Milleproroghe, mille delusioni per la banda larga
Il decreto milleproroghe, approvato ieri in Senato, contiene varie novità, ma la cosa più importante è che si continua nella tradizione del “gioco delle tre carte”, che ha animato la politica economica di questo governo. Il gioco è semplice: si fa una promessa, che costa soldi, e si dice che non si aumentano le tasse o che i soldi verranno da risparmi; poi inevitabilmente spunta o qualche ritocco di tasse (o la creazione di una nuova tassa, come la “tassa di scopo”), o i soldi vengono prelevati da fondi già destinati. In quest’ultimo caso, la cosa divertente è che questi fondi, iniziano a fare una girandola infinita: prima vengono destinati per un determinato obbiettivo, poi per un altro, poi per un altro ancora, e così via, finchè alla fine non si fa nulla, salvo tanti spot.

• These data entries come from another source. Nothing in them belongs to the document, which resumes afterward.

//! The code so far.

ghost use Rattle.std.specs.Prelude.{◌≡◌, ◌↔◌, IsTrue, [], suc, length, drop, slice_get, OnOk, IfOk};
ghost use Rattle.lower_expr.specs.Building.{built, empty, pushed, with_place, with_text};
ghost use Rattle.lower_expr.specs.Building.{with_local, with_locals, patched, ended_here};
ghost use Rattle.lower_expr.specs.Building.{relabelled, opened_jump, height_of, deepest_at};
ghost use Rattle.lower_expr.specs.Building.{dropped};
ghost use Rattle.lower_expr.specs.Building.{led_out, exit_closed, all_closed, with_exits};
ghost use Rattle.lower_expr.specs.Building.{loop_ended};

use std::alloc::Global;
use verse_base::limits::MOST_OPERATIONS;
use verse_base::places::Place;
use verse_base::refusals::Memory;
use verse_code::operations::Op;
use verse_code::tables::Table;

/// The operations so far and the tables.
#[derive(Drop)]
pub struct Builder {
    alloc: Global,
    /// An open label is 0.
    ops: Vec<Op>,
    /// The jumps that leave the innermost loop. The label of such a jump is the number of operands
    /// above those of the loop, until the loop ends.
    exits: Vec<u32>,
    places: Table<Place>,
    texts: Table<Table<u8>>,
    /// How many locals are needed.
    locals: u32,
}

/// The operation with this label, where it has one that may be open.
pub fn relabel(op: Op, label: u32) -> Op
    ensures { result ≡ relabelled op label }
{
    match op {
        Op::Jump(_) => Op::Jump(label),
        Op::Same(_) => Op::Same(label),
        Op::Try(_) => Op::Try(label),
        Op::Arm(_) => Op::Arm(label),
        Op::Branch(_) => Op::Branch(label),
        Op::Defer(_) => Op::Defer(label),
        other => other,
    }
}

/// A jump out of a loop, where the loop goes on behind so many Drops.
fn lead_out(op: Op, out: u32) -> Op
    ensures { result ≡ led_out op out }
{
    match op {
        Op::Jump(height) => Op::Jump(out.saturating_sub(height)),
        other => other,
    }
}

impl Builder {
    /// No code. Takes no memory.
    #[tactic(auto, unfolding(crate::specs::Building::built))]
    pub fn new(alloc: Global) -> Builder
        ensures { built result ≡ empty }
    {
        Builder {
            alloc,
            ops: Vec::new(alloc),
            exits: Vec::new(alloc),
            places: Table::new(alloc),
            texts: Table::new(alloc),
            locals: 0,
        }
    }

    /// One more operation.
    #[tactic(auto, unfolding(crate::specs::Building::built, crate::specs::Building::pushed))]
    pub fn op(&mut self, op: Op) -> Result<(), Memory>
        ensures { OnOk result (built self.new ≡ pushed op (built self.old)) }
    {
        if self.ops.len() >= MOST_OPERATIONS {
            return Err(Memory);
        }
        self.ops.push(op)?;
        Ok(())
    }

    /// The index of the next operation.
    #[tactic(auto, unfolding(crate::specs::Building::built))]
    pub fn label(&self) -> Result<u32, Memory>
        ensures { IfOk result (λ n. n ≡ length (built self.now).ops) }
    {
        if self.ops.len() > MOST_OPERATIONS {
            return Err(Memory);
        }
        Ok(self.ops.len() as u32)
    }

    /// The operation of this index gets its label. Takes no memory.
    #[tactic(auto, unfolding(crate::specs::Building::built, crate::specs::Building::patched))]
    pub fn patch(&mut self, at: u32, label: u32)
        ensures { built self.new ≡ patched at label (built self.old) }
    {
        if let Some(op) = self.ops.get_mut(at as usize) {
            *op = relabel(*op, label);
        }
    }

    /// The operation of this index leads here.
    #[tactic(auto, unfolding(crate::specs::Building::ended_here))]
    pub fn end_here(&mut self, at: u32) -> Result<(), Memory>
        ensures { OnOk result (built self.new ≡ ended_here at (built self.old)) }
    {
        let here = self.label()?;
        self.patch(at, here);
        Ok(())
    }

    /// The number of a new place.
    #[tactic(auto, unfolding(crate::specs::Building::built, crate::specs::Building::with_place))]
    pub fn place(&mut self, place: Place) -> Result<u32, Memory>
        ensures number { IfOk result (λ n. n ≡ length (built self.old).places) }
        ensures added { OnOk result (built self.new ≡ with_place place (built self.old)) }
    {
        let number = self.places.len();
        if number >= MOST_OPERATIONS {
            return Err(Memory);
        }
        self.places.push(place)?;
        Ok(number as u32)
    }

    /// The number of a new text.
    #[tactic(auto, unfolding(crate::specs::Building::built, crate::specs::Building::with_text))]
    pub fn text(&mut self, bytes: &[u8]) -> Result<u32, Memory>
        ensures number { IfOk result (λ n. n ≡ length (built self.old).texts) }
        ensures added { OnOk result (built self.new ≡ with_text bytes.now (built self.old)) }
    {
        let number = self.texts.len();
        if number >= MOST_OPERATIONS {
            return Err(Memory);
        }
        let text = Table::from_slice(self.alloc, bytes)?;
        self.texts.push(text)?;
        Ok(number as u32)
    }

    /// A frame has the local of this number.
    #[tactic(auto, unfolding(crate::specs::Building::built, crate::specs::Building::with_local))]
    pub fn local(&mut self, local: u32) -> Result<(), Memory>
        ensures { OnOk result (built self.new ≡ with_local local (built self.old)) }
    {
        if local as usize >= MOST_OPERATIONS {
            return Err(Memory);
        }
        if self.locals < local + 1 {
            self.locals = local + 1;
        }
        Ok(())
    }

    /// How many locals are needed.
    #[tactic(auto, unfolding(crate::specs::Building::built))]
    pub fn locals(&self) -> u32
        ensures { result ≡ (built self.now).locals }
    {
        self.locals
    }

    /// The locals are counted anew, from so many on.
    #[tactic(auto, unfolding(crate::specs::Building::built, crate::specs::Building::with_locals))]
    pub fn count_locals(&mut self, count: u32)
        ensures { built self.new ≡ with_locals count (built self.old) }
    {
        self.locals = count;
    }

    /// A jump out of the innermost loop, with so many operands above those of the loop.
    #[tactic(auto, unfolding(crate::specs::Building::built, crate::specs::Building::opened_jump, crate::specs::Building::pushed))]
    pub fn leave_loop(&mut self, height: u32) -> Result<(), Memory>
        ensures { OnOk result (built self.new ≡ opened_jump height (built self.old)) }
    {
        let at = self.label()?;
        self.op(Op::Jump(height))?;
        self.exits.push(at)?;
        Ok(())
    }

    /// Whether each jump out of a loop has its label.
    #[tactic(auto, unfolding(crate::specs::Building::built))]
    pub fn is_closed(&self) -> bool
        ensures { IsTrue result ↔ ((built self.now).exits ≡ []) }
    {
        self.exits.is_empty()
    }

    /// How many jumps leave the innermost loop so far.
    #[tactic(auto, unfolding(crate::specs::Building::built))]
    pub fn exit_count(&self) -> usize
        ensures { result ≡ length (built self.now).exits }
    {
        self.exits.len()
    }

    /// The operands above those of the loop that a jump out of it drops.
    #[tactic(auto, unfolding(crate::specs::Building::built))]
    fn height(&self, at: u32) -> u32
        ensures { result ≡ height_of (slice_get (built self.now).ops at) }
    {
        match self.ops.get(at as usize) {
            Some(Op::Jump(height)) => *height,
            _ => 0,
        }
    }

    /// The most that one of the jumps from a mark on drops.
    #[tactic(auto, unfolding(crate::specs::Building::built), using(crate::proofs::Exits::deepest_next))]
    fn deepest(&self, mark: usize) -> u32
        ensures { result ≡ deepest_at (drop mark (built self.now).exits) (built self.now).ops }
    {
        let mut deepest = 0;
        'exits: for exit in mark..self.exits.len() {
            deepest = self.height(self.exits[exit]).max(deepest);
        }
        deepest
    }

    /// So many values on top fall away.
    #[tactic(auto, using(crate::proofs::Exits::dropped_next))]
    pub fn drop_values(&mut self, count: u32) -> Result<(), Memory>
        ensures { OnOk result (built self.new ≡ dropped count (built self.old)) }
    {
        'drops: for _drop in 0..count {
            self.op(Op::Drop)?;
        }
        Ok(())
    }

    /// A jump out of a loop gets its label.
    #[tactic(auto, unfolding(crate::specs::Building::built, crate::specs::Building::exit_closed))]
    fn close_exit(&mut self, at: u32, out: u32)
        ensures { built self.new ≡ exit_closed at out (built self.old) }
    {
        if let Some(op) = self.ops.get_mut(at as usize) {
            *op = lead_out(*op, out);
        }
    }

    /// The jumps from a mark on get their labels.
    #[tactic(auto, unfolding(crate::specs::Building::built), using(crate::proofs::Exits::closed_next, crate::proofs::Exits::closed_none, crate::proofs::Exits::exits_same))]
    fn close_exits(&mut self, mark: usize, out: u32)
        ensures { built self.new ≡ all_closed (drop mark (built self.old).exits) out
            (built self.old) }
    {
        'exits: for exit in mark..self.exits.len() {
            let at = self.exits[exit];
            self.close_exit(at, out);
        }
    }

    #[tactic(auto, unfolding(crate::specs::Building::built, crate::specs::Building::with_exits))]
    fn forget_exits(&mut self, mark: usize)
        ensures { built self.new ≡ with_exits mark (built self.old) }
    {
        self.exits.truncate(mark);
    }

    /// A loop ends whose jumps begin at a mark: they lead to its end, each to where its operands
    /// are dropped.
    #[tactic(auto, unfolding(crate::specs::Building::loop_ended))]
    pub fn end_loop(&mut self, mark: usize) -> Result<(), Memory>
        ensures { OnOk result (built self.new ≡ loop_ended mark (built self.old)) }
    {
        self.drop_values(self.deepest(mark))?;
        let out = self.label()?;
        self.close_exits(mark, out);
        self.forget_exits(mark);
        self.op(Op::Unit)?;
        Ok(())
    }

    /// The operations, the places and the texts. Takes no memory.
    #[tactic(auto, unfolding(crate::specs::Building::built))]
    pub fn finish(self) -> (Table<Op>, Table<Place>, Table<Table<u8>>)
        ensures ops { result.0 ≡ (built self).ops }
        ensures places { result.1 ≡ (built self).places }
        ensures texts { result.2 ≡ (built self).texts }
    {
        (Table::from_vec(self.ops), self.places, self.texts)
    }
}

Sono pessimista? Non direi, semmai realista.
Prendiamo l’esempio del “digital divide”, ovvero del gap che separa l’Italia dal resto del Mondo civilizzato nel campo della banda larga: da tempo immemore il CIPE ha 800 milioni di euro congelati, che dovrebbero servire per sviluppare la banda larga, ma che non vengono spesi, a questi soldi il governo ne aveva aggiunti altri 100 milioni. I lavori però ad oggi non sono nemmeno iniziati, ma, anzi, siamo ancora nella fase progettuale senza che però ancora si sappia quanto costerà lo sviluppo della banda larga, quanto dovrà contribuire lo Stato e quanto i privati.
E così abbiamo 800 milioni già nei conti del CIPE, a cui si aggiungono 100 milioni di fondi FAS, per fare qualcosa che si sta ancora progettando e di cui nessuno conosce i costi. Ma la cosa interessante è che pochi giorni fa il ministro Romani affermava che nel milleproroghe ci sarebbe stato spazio per sviluppare il “digitale”: tutti pensavano si riferisse alla banda larga di internet, e invece lui si riferiva al passaggio alla televisione digitale. Infatti ha dichiarato: “nel Milleproroghe ci sono 30 mln dedicati allo switch-off, che corrispondono ai fondi che avevamo richiesto per completare il passaggio alla digitalizzazione entro la fine dell’anno o all’inizio del prossimo”.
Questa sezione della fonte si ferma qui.